The Tiffany Diamond
The Tiffany Diamond is one of the world’s largest and finest yellow diamonds. Discovered in the Kimberley diamond mines in South Africa in 1877, the 287.42-carat rough stone was acquired the following year by founder Charles Lewis Tiffany for $18,000 and solidified Mr. Tiffany’s reputation as the “King of Diamonds.”
The rough stone was brought to Paris, where Tiffany’s chief gemologist, Dr. George Frederick Kunz, supervised the cutting of the diamond into a cushion-shape brilliant weighing 128.54 carats with an unprecedented 82 facets—24 more facets than the traditional 58-facet brilliant cut. The stone is just over an inch wide and seven-eighths of an inch from top to bottom. Cut to enhance its radiant color rather than size, the diamond sparkles as if lit by an inner flame.
Around the World
The Tiffany Diamond was the highlight of Tiffany’s award-winning exhibits at the 1893 World’s Columbian Exposition in Chicago and the 1939–40 World’s Fair in New York City, among many others. Later appearances included the 2006 "Bejewelled by Tiffany" exhibition at Somerset House in London, and an exhibition celebrating the National Gem Collection at the Smithsonian’s National Museum of Natural History.
In the Spotlight
The diamond has been set on four occasions, two of which involved original designs by Jean Schlumberger, Tiffany’s renowned jewelry designer. In 1961, the Tiffany Diamond was set in Schlumberger's Ribbon Rosette necklace and worn by Audrey Hepburn® in publicity photographs for the film Breakfast at Tiffany's. It was also mounted in Schlumberger’s Bird on a Rock setting for the designer’s 1995 retrospective at the Musée des Arts Décoratifs in Paris.

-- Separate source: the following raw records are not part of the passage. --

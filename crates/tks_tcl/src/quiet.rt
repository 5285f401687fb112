//! Commands where nobody asks for the text that they answer, as in a body of several commands.
ghost use Rattle.std.specs.Prelude.{◌≡◌, OnErr};
ghost use Rattle.tks_tcl.specs.Plain.{plain};
ghost use Rattle.tks_tcl.specs.Variables.{left};
ghost use Rattle.tks_tcl.specs.View.{variable_command_of, command_of};
ghost use Rattle.tks_tcl.specs.Meets.{GivesSo, EndsSo, QuietlySo};

use crate::calls::{err, run_command};
use crate::command::Command;
use crate::growing::{MoreElements, MoreTexts};
use crate::interrupt::Interrupt;
use crate::making::make_quietly;
use crate::stop::Stop;
use crate::table::ListTable;
use crate::variables::{Increase, VariableCommand, store_quietly};
use std::alloc::Global;
use tks_text::{Limits, Txt};
use tks_vars::Vars;

/// How a command ended.
#[derive(Drop)]
pub enum Quiet {
    /// By code 0, with a text that wasn't made.
    Done,
    /// By this code, with this text.
    Ended(u8, Txt),
}

impl VariableCommand {
    // The same as `run`, where nobody asks for the answer: what a variable is given isn't copied for it. What gives none
    // a value runs as it does.
    fn run_quietly(
        self,
        alloc: Global,
        command: &Txt,
        words: &[Txt],
        variables: &mut Vars,
        limits: &Limits,
    ) -> Result<(), Interrupt>
        ensures value { GivesSo (λ _. variables.new) result (left (variable_command_of self limits.now command.now words.now variables.old)) }
        ensures err { OnErr result (variables.new ≡ variables.old) }
    {
        match (self, words) {
            (VariableCommand::Append, [name, texts @ ..]) if !texts.is_empty() => {
                make_quietly(alloc, variables, name, MoreTexts(texts), b"", limits)?;
            }
            (VariableCommand::Incr, [name]) => {
                make_quietly(alloc, variables, name, Increase(None), b"0", limits)?;
            }
            (VariableCommand::Incr, [name, amount]) => {
                make_quietly(alloc, variables, name, Increase(Some(amount)), b"0", limits)?;
            }
            (VariableCommand::Lappend, [name, elements @ ..]) if !elements.is_empty() => {
                make_quietly(alloc, variables, name, MoreElements(elements), b"", limits)?;
            }
            (VariableCommand::Set, [name, value]) => {
                store_quietly(variables, name, value, limits)?;
            }
            _ => {
                self.run(alloc, command, words, variables, limits)?;
            }
        }
        Ok(())
    }
}

// What a command comes to, given its first word and the others.
fn run_command_quietly(
    alloc: Global,
    lists: &mut ListTable,
    command: Command,
    name: &Txt,
    words: &[Txt],
    variables: &mut Vars,
    limits: &Limits,
) -> Result<Quiet, Interrupt>
    ensures value { EndsSo result variables.new (command_of command limits.now name.now words.now variables.old) }
    ensures err { OnErr result (variables.new ≡ variables.old) }
{
    match command {
        Command::OfVariables(command) => {
            command.run_quietly(alloc, name, words, variables, limits)?;
            Ok(Quiet::Done)
        }
        _ => {
            let (code, text) = run_command(alloc, lists, command, name, words, variables, limits)?;
            Ok(Quiet::Ended(code, text))
        }
    }
}

/// The same as `plain`, where nobody asks for the text of an end by code 0: what a command gives a variable isn't
/// copied to be answered.
pub fn plain_quietly(
    alloc: Global,
    lists: &mut ListTable,
    variables: &mut Vars,
    words: &[Txt],
    limits: &Limits,
) -> Result<Option<Quiet>, Stop>
    ensures { QuietlySo result variables.old variables.new (plain limits.now words.now variables.old) }
{
    let [name, rest @ ..] = words else {
        return Ok(None);
    };
    let Some(command) = Command::named(name) else {
        return Ok(None);
    };
    match run_command_quietly(alloc, lists, command, name, rest, variables, limits) {
        Ok(quiet) => Ok(Some(quiet)),
        Err(Interrupt::Script(fault)) => {
            let (code, text) = err(alloc, &fault, limits)?;
            Ok(Some(Quiet::Ended(code, text)))
        }
        Err(Interrupt::TooLarge) => Err(Stop::TooLarge),
        Err(Interrupt::NoMemory) => Err(Stop::NoMemory),
    }
}
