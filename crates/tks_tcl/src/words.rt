//! What a word says as an integer, a list or a truth value.
ghost use Rattle.std.specs.Prelude.{◌≡◌, ◌<◌, ◌^◌, IfOk};
ghost use Rattle.std.specs.Fmt.{decimal};
ghost use Rattle.tks_tcl.specs.Meets.{GivesSo};
ghost use Rattle.tks_tcl.specs.Words.{integer_in, list_in, truth_text};

use crate::interrupt::{Interrupt, error, error_about};
use std::alloc::{AllocError, Global};
use tks_list::{Elements, ListFault, read, split};
use tks_text::{ErrorNumber, Seq, Txt, decimal_of, integer_of};

/// The integer that a text spells.
#[tactic(auto, using(crate::proofs::Causes::tells))]
pub fn integer_in(text: &Txt) -> Result<i64, Interrupt>
    ensures { GivesSo (λ z. z) result (integer_in text.now) }
{
    match integer_of(text) {
        Ok(Some(integer)) => Ok(integer),
        Ok(None) => Err(error_about(ErrorNumber::NotAnInteger, text)),
        Err(_) => Err(error(ErrorNumber::OutOfRange)),
    }
}

/// The list that a text splits into, in one buffer.
pub fn elements_in(alloc: Global, text: &Txt) -> Result<Elements, Interrupt>
    ensures { GivesSo (λ l. l) result (list_in text.now) }
{
    match read(alloc, text) {
        Ok(list) => Ok(list),
        Err(ListFault::NotAList) => Err(error(ErrorNumber::NotAList)),
        Err(ListFault::NoMemory) => Err(Interrupt::NoMemory),
    }
}

/// The list that a text splits into.
pub fn list_in(alloc: Global, text: &Txt) -> Result<Seq<Txt>, Interrupt>
    ensures { GivesSo (λ l. l) result (list_in text.now) }
{
    match split(alloc, text) {
        Ok(list) => Ok(list),
        Err(ListFault::NotAList) => Err(error(ErrorNumber::NotAList)),
        Err(ListFault::NoMemory) => Err(Interrupt::NoMemory),
    }
}

/// `1` or `0`.
pub fn truth_text(alloc: Global, is_true: bool) -> Result<Txt, AllocError>
    ensures { IfOk result (λ t. t ≡ truth_text is_true) }
{
    Txt::from_text(alloc, if is_true { b"1" } else { b"0" })
}

/// The decimal of a count.
pub fn count_text(alloc: Global, count: usize) -> Result<Txt, AllocError>
    requires { count < 2 ^ 63 }
    ensures { IfOk result (λ t. t ≡ decimal count) }
{
    decimal_of(alloc, count as i64)
}
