//! The commands on variables.
ghost use Rattle.std.specs.Prelude.{◌≡◌, ◌+ℤ◌, OnErr};
ghost use Rattle.tks_tcl.specs.Making.{amount_text};
ghost use Rattle.tks_tcl.specs.Meets.{GivesSo};
ghost use Rattle.tks_tcl.specs.Variables.{value_in, is_missing, decimal_within, without_all, may_grow, stores, stores_global, link_within, with_global_links, left, set_does, unset_does, incr_does, append_does, lappend_does, global_does, info_does};
ghost use Rattle.tks_tcl.specs.View.{variable_command_of};
ghost use Rattle.tks_tcl.specs.Words.{integer_in};

use crate::growing::{MoreElements, MoreTexts};
use crate::interrupt::{Interrupt, error, within, wrong_words};
use crate::making::{Making, make};
use crate::words::{integer_in, truth_text};
use std::alloc::{AllocError, Global};
use tks_list::ListText;
use tks_share::{Change, Share};
use tks_text::{ErrorNumber, Limits, Txt, decimal_of, fits};
use tks_vars::Vars;

/// The commands on variables.
#[derive(Clone, Copy)]
pub enum VariableCommand {
    Append,
    Global,
    Incr,
    Info,
    Lappend,
    Set,
    Unset,
}

impl VariableCommand {
    /// What the command answers, given its first word and the others.
    pub fn run(
        self,
        alloc: Global,
        command: &Txt,
        words: &[Txt],
        variables: &mut Vars,
        limits: &Limits,
    ) -> Result<Txt, Interrupt>
        ensures value { GivesSo (λ t. (t, variables.new)) result (variable_command_of self limits.now command.now words.now variables.old) }
        ensures err { OnErr result (variables.new ≡ variables.old) }
    {
        match self {
            VariableCommand::Append => run_append(alloc, command, words, variables, limits),
            VariableCommand::Global => run_global(alloc, command, words, variables, limits),
            VariableCommand::Incr => run_incr(alloc, command, words, variables, limits),
            VariableCommand::Info => run_info(alloc, command, words, variables, limits),
            VariableCommand::Lappend => run_lappend(alloc, command, words, variables, limits),
            VariableCommand::Set => run_set(command, words, variables, limits),
            VariableCommand::Unset => run_unset(alloc, command, words, variables),
        }
    }
}

/// The value of a variable.
pub(crate) fn value_in(variables: &Vars, name: &Txt) -> Result<Txt, Interrupt>
    ensures { GivesSo (λ t. t) result (value_in variables.now name.now) }
{
    let value = variables.get(name)?;
    Ok(value.try_clone()?)
}

/// Whether an error says that a variable is missing.
pub fn is_missing(number: ErrorNumber) -> bool
    ensures { result ≡ is_missing number }
{
    matches!(number, ErrorNumber::NoSuchVariable)
}

/// Whether a list that would grow may have one member more.
pub(crate) fn may_grow(members: Option<usize>, limits: &Limits) -> bool
    ensures { result ≡ may_grow limits.now members }
{
    match members {
        Some(members) => members < limits.items as usize,
        None => true,
    }
}

/// Gives a name a value, which is answered. `TooLarge` where the value, or the list that it joins, would
/// pass its limit.
#[tactic(auto, using(crate::proofs::Leaving::stored))]
pub fn store(
    variables: &mut Vars,
    name: &Txt,
    value: Txt,
    limits: &Limits,
) -> Result<Txt, Interrupt>
    ensures value { GivesSo (λ t. (t, variables.new)) result (stores limits.now name.now variables.old value) }
    ensures err { OnErr result (variables.new ≡ variables.old) }
{
    store_quietly(variables, name, &value, limits)?;
    Ok(value)
}

/// The same, where nobody asks for the answer.
pub(crate) fn store_quietly(
    variables: &mut Vars,
    name: &Txt,
    value: &Txt,
    limits: &Limits,
) -> Result<(), Interrupt>
    ensures value { GivesSo (λ _. variables.new) result (left (stores limits.now name.now variables.old value.now)) }
    ensures err { OnErr result (variables.new ≡ variables.old) }
{
    if !fits(value, limits) {
        return Err(Interrupt::TooLarge);
    }
    match variables.change(name, Put { value })? {
        Some(put) => Ok(put?),
        None => {
            let value = ListText::of(value.try_clone()?);
            store_new(variables, name, value, limits)?;
            Ok(())
        }
    }
}

// A value that is put where another stands.
#[derive(Clone, Copy)]
struct Put<'a> {
    value: &'a Txt,
}

impl Change<ListText> for Put<'_> {
    ghost use Rattle.tks_tcl.specs.Making.{PutsSo};

    type Answer = Result<(), AllocError>;

    ghost gives = { λ put. PutsSo put.value.now };

    #[inline(always)]
    fn change(&mut self, value: &mut ListText) -> Result<(), AllocError> {
        *value = ListText::of(self.value.try_clone()?);
        Ok(())
    }
}

/// Gives a name a value, whether it has one or not. `TooLarge` where the value, or the list that it joins, would pass its limit.
pub(crate) fn store_new(
    variables: &mut Vars,
    name: &Txt,
    value: ListText,
    limits: &Limits,
) -> Result<(), Interrupt>
    ensures value { GivesSo (λ _. variables.new) result (left (stores limits.now name.now variables.old value)) }
    ensures err { OnErr result (variables.new ≡ variables.old) }
{
    if !fits(value.as_text(), limits) || !may_grow(variables.grown_by_value(name), limits) {
        return Err(Interrupt::TooLarge);
    }
    variables.set_list(name, value)?;
    Ok(())
}

/// The same as `store`, of a global, whatever the present frame is.
pub fn store_global(
    variables: &mut Vars,
    name: &Txt,
    value: Txt,
    limits: &Limits,
) -> Result<Txt, Interrupt>
    ensures value { GivesSo (λ t. (t, variables.new)) result (stores_global limits.now name.now variables.old value) }
    ensures err { OnErr result (variables.new ≡ variables.old) }
{
    if !fits(&value, limits) {
        return Err(Interrupt::TooLarge);
    }
    if !may_grow(variables.grown_by_global_value(name), limits) {
        return Err(Interrupt::TooLarge);
    }
    variables.set_global(name, &value)?;
    Ok(value)
}

// set name ?value?
#[tactic(auto, using(crate::proofs::Causes::tells))]
fn run_set(
    command: &Txt,
    words: &[Txt],
    variables: &mut Vars,
    limits: &Limits,
) -> Result<Txt, Interrupt>
    ensures value { GivesSo (λ t. (t, variables.new)) result (set_does limits.now command.now words.now variables.old) }
    ensures err { OnErr result (variables.new ≡ variables.old) }
{
    match words {
        [name] => {
            let value = within(value_in(variables, name)?, limits)?;
            Ok(value)
        }
        [name, value] => {
            let value = store(variables, name, value.try_clone()?, limits)?;
            Ok(value)
        }
        _ => Err(wrong_words(command)),
    }
}

// Takes names out one after the other.
fn take_all(variables: &mut Vars, names: &[Txt]) -> Result<(), Interrupt>
    ensures { GivesSo (λ _. variables.new) result (without_all names.now variables.old) }
{
    for name in names {
        variables.unset(name)?;
    }
    Ok(())
}

// The same, where an error leaves the variables as they were.
fn take_each(variables: &mut Vars, names: &[Txt]) -> Result<(), Interrupt>
    ensures value { GivesSo (λ _. variables.new) result (without_all names.now variables.old) }
    ensures err { OnErr result (variables.new ≡ variables.old) }
{
    if let [name] = names {
        variables.unset(name)?;
        return Ok(());
    }
    let mut left = variables.share()?;
    take_all(&mut left, names)?;
    *variables = left;
    Ok(())
}

// unset name ..
#[tactic(auto, using(crate::proofs::Causes::tells))]
fn run_unset(
    alloc: Global,
    command: &Txt,
    words: &[Txt],
    variables: &mut Vars,
) -> Result<Txt, Interrupt>
    ensures value { GivesSo (λ t. (t, variables.new)) result (unset_does command.now words.now variables.old) }
    ensures err { OnErr result (variables.new ≡ variables.old) }
{
    if words.is_empty() {
        return Err(wrong_words(command));
    }
    take_each(variables, words)?;
    Ok(Txt::new(alloc))
}

// The decimal of a sum.
fn sum(alloc: Global, a: i64, b: i64) -> Result<Txt, Interrupt>
    ensures { GivesSo (λ t. t) result (decimal_within (a +ℤ b)) }
{
    match a.checked_add(b) {
        Some(sum) => Ok(decimal_of(alloc, sum)?),
        None => Err(error(ErrorNumber::OutOfRange)),
    }
}

// The integer that a word spells, or 1 where there is none.
fn amount_in(amount: Option<&Txt>) -> Result<i64, Interrupt>
    ensures { GivesSo (λ z. z) result (integer_in (amount_text amount.entry)) }
{
    match amount {
        Some(amount) => integer_in(amount),
        None => Ok(1),
    }
}

/// An integer that is added to the one in a value: what a word spells, or 1 where there is none.
#[derive(Clone, Copy)]
pub(crate) struct Increase<'a>(pub Option<&'a Txt>);

impl Making for Increase<'_> {
    ghost use Rattle.tks_tcl.specs.Making.{amount_text};
    ghost use Rattle.tks_tcl.specs.Variables.{sum_of};

    ghost makes = { λ it. sum_of (amount_text it.0) };

    fn make(self, alloc: Global, value: &mut ListText, limits: &Limits) -> Result<(), Interrupt> {
        let integer = integer_in(value.as_text())?;
        let amount = amount_in(self.0)?;
        let sum = within(sum(alloc, integer, amount)?, limits)?;
        *value = ListText::of(sum);
        Ok(())
    }
}

// incr name ?n?
#[tactic(auto, using(crate::proofs::Causes::tells))]
fn run_incr(
    alloc: Global,
    command: &Txt,
    words: &[Txt],
    variables: &mut Vars,
    limits: &Limits,
) -> Result<Txt, Interrupt>
    ensures value { GivesSo (λ t. (t, variables.new)) result (incr_does limits.now command.now words.now variables.old) }
    ensures err { OnErr result (variables.new ≡ variables.old) }
{
    match words {
        [name] => {
            let value = make(alloc, variables, name, Increase(None), b"0", limits)?;
            Ok(value)
        }
        [name, amount] => {
            let value = make(alloc, variables, name, Increase(Some(amount)), b"0", limits)?;
            Ok(value)
        }
        _ => Err(wrong_words(command)),
    }
}

// append name value ..
#[tactic(auto, using(crate::proofs::Causes::tells))]
fn run_append(
    alloc: Global,
    command: &Txt,
    words: &[Txt],
    variables: &mut Vars,
    limits: &Limits,
) -> Result<Txt, Interrupt>
    ensures value { GivesSo (λ t. (t, variables.new)) result (append_does limits.now command.now words.now variables.old) }
    ensures err { OnErr result (variables.new ≡ variables.old) }
{
    match words {
        [name, texts @ ..] if !texts.is_empty() => {
            let value = make(alloc, variables, name, MoreTexts(texts), b"", limits)?;
            Ok(value)
        }
        _ => Err(wrong_words(command)),
    }
}

// lappend name value ..
#[tactic(auto, using(crate::proofs::Causes::tells))]
fn run_lappend(
    alloc: Global,
    command: &Txt,
    words: &[Txt],
    variables: &mut Vars,
    limits: &Limits,
) -> Result<Txt, Interrupt>
    ensures value { GivesSo (λ t. (t, variables.new)) result (lappend_does limits.now command.now words.now variables.old) }
    ensures err { OnErr result (variables.new ≡ variables.old) }
{
    match words {
        [name, elements @ ..] if !elements.is_empty() => {
            let value = make(alloc, variables, name, MoreElements(elements), b"", limits)?;
            Ok(value)
        }
        _ => Err(wrong_words(command)),
    }
}

// Makes a name a link.
fn link(variables: &mut Vars, name: &Txt, limits: &Limits) -> Result<(), Interrupt>
    ensures value { GivesSo (λ _. variables.new) result (link_within limits.now name.now variables.old) }
    ensures err { OnErr result (variables.new ≡ variables.old) }
{
    if !may_grow(variables.grown_by_link(name), limits) {
        return Err(Interrupt::TooLarge);
    }
    variables.link_global(name)?;
    Ok(())
}

// Makes names links one after the other.
fn link_all(variables: &mut Vars, names: &[Txt], limits: &Limits) -> Result<(), Interrupt>
    ensures { GivesSo (λ _. variables.new) result (with_global_links limits.now names.now variables.old) }
{
    for name in names {
        link(variables, name, limits)?;
    }
    Ok(())
}

// The same, where an error leaves the variables as they were.
fn link_each(variables: &mut Vars, names: &[Txt], limits: &Limits) -> Result<(), Interrupt>
    ensures value { GivesSo (λ _. variables.new) result (with_global_links limits.now names.now variables.old) }
    ensures err { OnErr result (variables.new ≡ variables.old) }
{
    if let [name] = names {
        link(variables, name, limits)?;
        return Ok(());
    }
    if variables.link_new(names, limits.items as usize)? {
        return Ok(());
    }
    let mut left = variables.share()?;
    link_all(&mut left, names, limits)?;
    *variables = left;
    Ok(())
}

// global name ..
#[tactic(auto, using(crate::proofs::Causes::tells))]
fn run_global(
    alloc: Global,
    command: &Txt,
    words: &[Txt],
    variables: &mut Vars,
    limits: &Limits,
) -> Result<Txt, Interrupt>
    ensures value { GivesSo (λ t. (t, variables.new)) result (global_does limits.now command.now words.now variables.old) }
    ensures err { OnErr result (variables.new ≡ variables.old) }
{
    if words.is_empty() {
        return Err(wrong_words(command));
    }
    link_each(variables, words, limits)?;
    Ok(Txt::new(alloc))
}

// info exists name
#[tactic(auto, using(crate::proofs::Causes::tells))]
fn run_info(
    alloc: Global,
    command: &Txt,
    words: &[Txt],
    variables: &Vars,
    limits: &Limits,
) -> Result<Txt, Interrupt>
    ensures { GivesSo (λ t. (t, variables.now)) result (info_does limits.now command.now words.now variables.now) }
{
    match words {
        [subcommand, name] if subcommand.as_bytes() == b"exists".as_slice() => {
            let there = truth_text(alloc, variables.exists(name)?)?;
            let there = within(there, limits)?;
            Ok(there)
        }
        _ => Err(wrong_words(command)),
    }
}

Audrey Hepburn®—Trademark and Likeness property of Sean Hepburn Ferrer and Luca Dotti—All Rights Reserved.
Take Me to Fifth Avenue
In one of its rare appearances in Tiffany's Fifth Avenue windows, the diamond was placed in the hands of a gold wire angel for a holiday display by famed Tiffany window designer Gene Moore. The Tiffany Diamond has traveled the world as a centerpiece of numerous exhibitions, but always returns to its home at the Tiffany flagship store on Fifth Avenue in New York City, where it is on public display.